INSTRUCTIONS TO FOLLOW >> The expected output is the first line of the data below and every line after it, up to and including the line containing "no rounds and no visits.", each reproduced exactly.

Stored data entries:

===============

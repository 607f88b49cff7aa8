//! Minimises one system: the function `run_min` reads the input and writes the output.
ghost use Rattle.std.specs.Prelude.{◌≡◌, IfErr};
ghost use Rattle.lts.specs.Meter.{IsFresh};
ghost use Rattle.autfmt.specs.Outcomes.{Takes};
ghost use Rattle.autbis.specs.Runs.{MinimisationFails, MinimisesTo, asks, used};

use autfmt::{Fault, Hidden, Limits, Sink, Source, read_hiding, write};
use lts::{Counter, Lts, Meter};
use quotient::{Relation, minimise};
use std::alloc::Global;

/// The size of a system that was read: the numbers of states and transitions in its header.
#[derive(Clone, Copy, Debug, PartialEq, Eq)]
pub struct Counts {
    /// The number of states, which is at least 1 and at most 1,000,000.
    pub states: u32,
    /// The number of transitions, which is at most 10,000,000. If a transition is repeated, each repetition is counted.
    pub transitions: u32,
}

/// Reads a system from the source `r` (the object from which the input is read), and replaces each label in the list
/// `h` by the internal action `i`. Then it minimises the system modulo `rel`, and writes the quotient to the sink `w`
/// (the object to which the output is written). The result of `run_min` is the size of the system that was read. The
/// limits `lim` are the largest numbers of states and transitions that the header may declare. The meter `m` counts
/// rounds and visits (reads of transitions), and must not have counted anything before. The number of rounds is at most
/// the number of states of the system. The number of visits is at most (rounds + 2) times the number of transitions.
///
/// # Errors
///
/// - One of the errors from `BadHeader` to `MissingEdges`: the input is incorrect, and this is its first error. Neither
///   the source nor the sink has failed, nothing was written, and the meter has counted no rounds and no visits.
/// - `Device`: the source or the sink failed. If the source failed, nothing was written, and the meter has counted no
///   rounds and no visits. If the sink failed, a prefix of the output was written.
/// - `Memory`: an allocation failed, which can happen only if line 1 is correct. Neither the source nor the sink has
///   failed, and nothing was written.
pub fn run_min<M: Meter, R: Source, W: Sink>(
    alloc: Global,
    r: &mut R,
    w: &mut W,
    rel: Relation,
    lim: &Limits,
    h: &Hidden,
    m: &mut M,
) -> Result<Counts, Fault>
    requires source { R.failures r.old ≡ 0 }
    requires sink { W.failures w.old ≡ 0 }
    requires fresh { IsFresh (M.counted m.old) }

    // These clauses state what the call guarantees if it succeeds, and when each error is returned.
    ensures outcome { let asked = asks rel lim.now h.now in
        let source = used R.rest R.failures r.old r.new in
        let sink = used W.written W.failures w.old w.new in
        Takes source.before source.after
        (λ text. MinimisesTo asked text source sink (M.counted m.new))
        (λ given. MinimisationFails asked given source sink (M.counted m.new)) result }

    // These clauses state what `run_min` leaves unchanged if it fails.
    ensures untouched { IfErr result (λ _. W.failures w.new ≡ 0 → w.new ≡ w.old) }
{
    lim.invariants();
    let system: Lts<M> = read_hiding(alloc, r, lim, h)?;
    let counts = Counts {
        states: system.states(),
        transitions: system.edges(),
    };
    let quotient = minimise(alloc, &system, rel, m)?;
    write(alloc, &quotient, &mut Counter::new(), w)?;
    Ok(counts)
}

===============

RESULT FOR THIS TASK >>
repository 607f88b49cff7aa8
//! Minimises one system: the function `run_min` reads the input and writes the output.
ghost use Rattle.std.specs.Prelude.{◌≡◌, IfErr};
ghost use Rattle.lts.specs.Meter.{IsFresh};
ghost use Rattle.autfmt.specs.Outcomes.{Takes};
ghost use Rattle.autbis.specs.Runs.{MinimisationFails, MinimisesTo, asks, used};

use autfmt::{Fault, Hidden, Limits, Sink, Source, read_hiding, write};
use lts::{Counter, Lts, Meter};
use quotient::{Relation, minimise};
use std::alloc::Global;

/// The size of a system that was read: the numbers of states and transitions in its header.
#[derive(Clone, Copy, Debug, PartialEq, Eq)]
pub struct Counts {
    /// The number of states, which is at least 1 and at most 1,000,000.
    pub states: u32,
    /// The number of transitions, which is at most 10,000,000. If a transition is repeated, each repetition is counted.
    pub transitions: u32,
}

/// Reads a system from the source `r` (the object from which the input is read), and replaces each label in the list
/// `h` by the internal action `i`. Then it minimises the system modulo `rel`, and writes the quotient to the sink `w`
/// (the object to which the output is written). The result of `run_min` is the size of the system that was read. The
/// limits `lim` are the largest numbers of states and transitions that the header may declare. The meter `m` counts
/// rounds and visits (reads of transitions), and must not have counted anything before. The number of rounds is at most
/// the number of states of the system. The number of visits is at most (rounds + 2) times the number of transitions.
///
/// # Errors
///
/// - One of the errors from `BadHeader` to `MissingEdges`: the input is incorrect, and this is its first error. Neither
///   the source nor the sink has failed, nothing was written, and the meter has counted no rounds and no visits.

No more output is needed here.